Things got a little more interesting in other precincts, Biller went on to indicate. It was this infinity of possible selves and possible neighborhoods, the total and endless expansibility of Yet Another World, which gave it its magnificence. Deviants and avant-gardists could build neighborhoods as solid, in their way, as those of the suburbanites-kingdoms of barter, Dada, or rape, castles of chaos. Grown-ups masqueraded as children, men as women, and so on. Others created inhuman selves, gorgons, strolling penises, pornified Gnuppets. All ethics were local, and endlessly up for negotiation. Declaring whether Yet Another World was or wasn’t a game might be as difficult as declaring whether life was.

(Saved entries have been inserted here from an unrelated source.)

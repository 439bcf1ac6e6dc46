//! A running program is copied.

ghost use Rattle.std.specs.Prelude.{◌≡◌};

use crate::program::Running;

impl Running {
    /// The same program, at the same unit: over a storage with the same bytes and keys and a copy of the drive it goes on as this
    /// one does. It takes no memory.
    pub fn copy(&self) -> Running
        ensures { result ≡ self.now }
    {
        Running { run: self.run }
    }
}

While I was mesmerized, Oona showed her typical impatience once she’d grasped the concept. Like a Noteless chasm, she’d glanced into the unusual thing and now wanted to get back to business, or have a drink and get laid, or whatever. It wasn’t that Oona wasn’t interested in infinity-she was, only just briefly . Possibly it was her ghostwriter’s instincts that made her wish to break the frame of the Escher drawing Biller and Perkus were elaborating before us, and examine it for fingerprints, find the human gist. “Biller,” she interrupted, “if you don’t mind my asking, how did all this admittedly marvelous virtual Communism buy you a real ocelot hat?” It was just like her to have nailed the breed of fur.
Biller understood her question perfectly, but he had to forage for language that would elucidate it to us one-worlders. “There’s a certain kind of stuff people like to collect,” he said. “They call it ‘treasure.’ It’s different from the other stuff in there, it isn’t easy to make. There’s a limit on how much you can make, and it takes a long time, people don’t like that. So you can buy someone else’s treasure, or you can steal it-”
“That’s what you do!” said Oona, exhilarated. “You’re a virtual thief. I love it.”
Biller shook his head, not insulted, just moving at a slower pace and unwilling to be hurried. “I manufacture treasure, and sell it. I’m a craftsman.”
“You mean you sell it to virtual people?” asked Oona.
“Real people,” said Biller. “They pay real money.”